(Saved data entries)
------------------------------------------------

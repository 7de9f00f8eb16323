//! The types of facts, and the sets that they have at points.

ghost use Rattle.std.specs.Prelude.{◌≡◌};
ghost use Rattle.std.specs.Option.{option_copied};
ghost use Rattle.cc_state_facts.specs.Facts.{cell_at, local_at, cell_of, fact_at};

use cc_places::Abs;
use cc_program::num::{List, at};
use cc_state_shared::Shared;

/// How many tracked cells a row has, where it is not the last.
const ROW_LENGTH: usize = 16;

/// A class of cells: a scalar, or all scalars of an array. A member stands for all objects of its structure.
#[derive(Clone, Copy, Debug, PartialEq, Eq)]
pub enum Key {
    /// A static object, by id.
    Object(u32),
    /// A local of a function, by the ids of both.
    Local(u32, u32),
    /// A member of a structure, by the id of that and by position.
    Member(u32, u32),
}

/// Some neighbouring tracked cells: from a multiple of 16 on 16 of them, or those that are left. Rows share sets.
#[derive(Drop)]
pub struct Row<I> {
    pub cells: List<Shared<Abs<I>>>,
}

/// What is known wherever a run is at a point.
#[derive(Drop)]
pub struct PointFact<I> {
    /// Whether the flag may be off.
    pub off: bool,
    /// Whether the flag may be on.
    pub on: bool,
    /// The sets of the function's registers, in order. Points share sets.
    pub locals: List<Shared<Abs<I>>>,
    /// The sets of the tracked cells, row by row. Points share rows.
    pub rows: List<Shared<Row<I>>>,
    /// The registers that still equal a tracked cell, with that cell, both by their position.
    pub same: List<(u32, u32)>,
}

/// Facts about all runs of a program.
#[derive(Drop)]
pub struct Facts<I> {
    /// The keys of the program.
    pub keys: List<Key>,
    /// By key: what its cells may have in the whole run.
    pub whole: List<Abs<I>>,
    /// By function: what it may give. Of one that gives nothing it is the empty set of integers.
    pub results: List<Abs<I>>,
    /// By function: whether main reaches it.
    pub by_main: List<bool>,
    /// By function: whether a handler reaches it.
    pub by_handler: List<bool>,
    /// By function: the set of the running levels at which it may run.
    pub levels: List<u8>,
    /// By function: the set of the levels of the innermost handlers from which it may be reached.
    pub from: List<u8>,
    /// By key: whether the code of a handler may read it.
    pub handler_reads: List<bool>,
    /// By key: whether the code of a handler may write it.
    pub handler_writes: List<bool>,
    /// By key: the set of the levels of the innermost handlers whose code may read it.
    pub read_levels: List<u8>,
    /// By key: the set of the levels of the innermost handlers whose code may write it.
    pub write_levels: List<u8>,
    /// By point: what is known there. None where no run comes to the point.
    pub at: List<Option<PointFact<I>>>,
}

impl<I> PointFact<I> {
    /// The set of a tracked cell, by its position among these.
    pub fn cell(&self, cell: u32) -> Option<&Abs<I>>
        ensures { option_copied result ≡ cell_of self.now cell }
    {
        let row = at(self.rows.all(), cell as usize / ROW_LENGTH)?;
        let set = at(row.get().cells.all(), cell as usize % ROW_LENGTH)?;
        Some(set.get())
    }
}

impl<I> Facts<I> {
    /// What is known at a point.
    fn fact(&self, point: u32) -> Option<&PointFact<I>>
        ensures { option_copied result ≡ fact_at self.now point }
    {
        at(self.at.all(), point as usize)?.as_ref()
    }

    /// The point's set of a tracked cell, by its position among these. None where the point is not reached.
    pub fn cell(&self, point: u32, cell: u32) -> Option<&Abs<I>>
        ensures { option_copied result ≡ cell_at self.now point cell }
    {
        self.fact(point)?.cell(cell)
    }

    /// The point's set of a register, by its position among its function's. None where the point is not reached.
    pub fn local(&self, point: u32, local: u32) -> Option<&Abs<I>>
        ensures { option_copied result ≡ local_at self.now point local }
    {
        let set = at(self.fact(point)?.locals.all(), local as usize)?;
        Some(set.get())
    }
}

------------------------------------------------

▶ [TASK DETAILS]:
Look back at the data above. Transcribe exactly the lines starting at the line that contains "pub enum Key" and ending at the line that contains "may be reached.".

▶ [ANSWER SPACE]:
pub enum Key {
    /// A static object, by id.
    Object(u32),
    /// A local of a function, by the ids of both.
    Local(u32, u32),
    /// A member of a structure, by the id of that and by position.
    Member(u32, u32),
}

/// Some neighbouring tracked cells: from a multiple of 16 on 16 of them, or those that are left. Rows share sets.
#[derive(Drop)]
pub struct Row<I> {
    pub cells: List<Shared<Abs<I>>>,
}

/// What is known wherever a run is at a point.
#[derive(Drop)]
pub struct PointFact<I> {
    /// Whether the flag may be off.
    pub off: bool,
    /// Whether the flag may be on.
    pub on: bool,
    /// The sets of the function's registers, in order. Points share sets.
    pub locals: List<Shared<Abs<I>>>,
    /// The sets of the tracked cells, row by row. Points share rows.
    pub rows: List<Shared<Row<I>>>,
    /// The registers that still equal a tracked cell, with that cell, both by their position.
    pub same: List<(u32, u32)>,
}

/// Facts about all runs of a program.
#[derive(Drop)]
pub struct Facts<I> {
    /// The keys of the program.
    pub keys: List<Key>,
    /// By key: what its cells may have in the whole run.
    pub whole: List<Abs<I>>,
    /// By function: what it may give. Of one that gives nothing it is the empty set of integers.
    pub results: List<Abs<I>>,
    /// By function: whether main reaches it.
    pub by_main: List<bool>,
    /// By function: whether a handler reaches it.
    pub by_handler: List<bool>,
    /// By function: the set of the running levels at which it may run.
    pub levels: List<u8>,
    /// By function: the set of the levels of the innermost handlers from which it may be reached.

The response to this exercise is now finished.